*Your goal:* For this exercise, restate word for word only the lines from the first line of the data to the line containing "cards, key by key.".

### Dataset content

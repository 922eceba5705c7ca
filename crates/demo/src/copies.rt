// What is done with a copy.
use digest::{Digest, Fnv};
use element::{Element, Refusal, at_most, join_at};
use kinds::Card;
use mast_sites::Sites;
use std::alloc::{AllocError, Global};

// `into`, with `from` joined into it key by key.
pub(crate) fn joined(into: &Sites, from: &Sites) -> Result<Sites, Refusal> {
    let mut table = *into;
    for (key, card) in from.cards.iter().enumerate() {
        join_at(&mut table.cards, key, *card)?;
    }
    Ok(table)
}

// Whether at every key the element of `part` is at most that of `whole`, so that nothing of `part` is lost in it.
pub(crate) fn stands_in(part: &Sites, whole: &Sites) -> bool {
    part.cards
        .iter()
        .zip(&whole.cards)
        .all(|(x, y)| at_most(*x, *y))
}

// A card has 62 bytes: 14 of the height, 16 of the positions and 32 of the samples.
pub(crate) fn bytes_of(card: &Card) -> [u8; 62] {
    let mut bytes = [0; 62];
    card.write(&mut bytes);
    bytes
}

// The fnv of the bytes of all cards, key by key.
pub(crate) fn digest_of(heap: Global, copy: &Sites) -> Result<u64, AllocError> {
    let bytes: Vec<u8> = copy.cards.iter().flat_map(bytes_of).collect(heap)?;
    Ok(Fnv.digest(bytes.as_slice()))
}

######

*Solution to the exercise:*
repository 922eceba5705c7ca
filename crates/demo/src/copies.rt
// What is done with a copy.
use digest::{Digest, Fnv};
use element::{Element, Refusal, at_most, join_at};
use kinds::Card;
use mast_sites::Sites;
use std::alloc::{AllocError, Global};

// `into`, with `from` joined into it key by key.
pub(crate) fn joined(into: &Sites, from: &Sites) -> Result<Sites, Refusal> {
    let mut table = *into;
    for (key, card) in from.cards.iter().enumerate() {
        join_at(&mut table.cards, key, *card)?;
    }
    Ok(table)
}

// Whether at every key the element of `part` is at most that of `whole`, so that nothing of `part` is lost in it.
pub(crate) fn stands_in(part: &Sites, whole: &Sites) -> bool {
    part.cards
        .iter()
        .zip(&whole.cards)
        .all(|(x, y)| at_most(*x, *y))
}

// A card has 62 bytes: 14 of the height, 16 of the positions and 32 of the samples.
pub(crate) fn bytes_of(card: &Card) -> [u8; 62] {
    let mut bytes = [0; 62];
    card.write(&mut bytes);
    bytes
}

// The fnv of the bytes of all cards, key by key.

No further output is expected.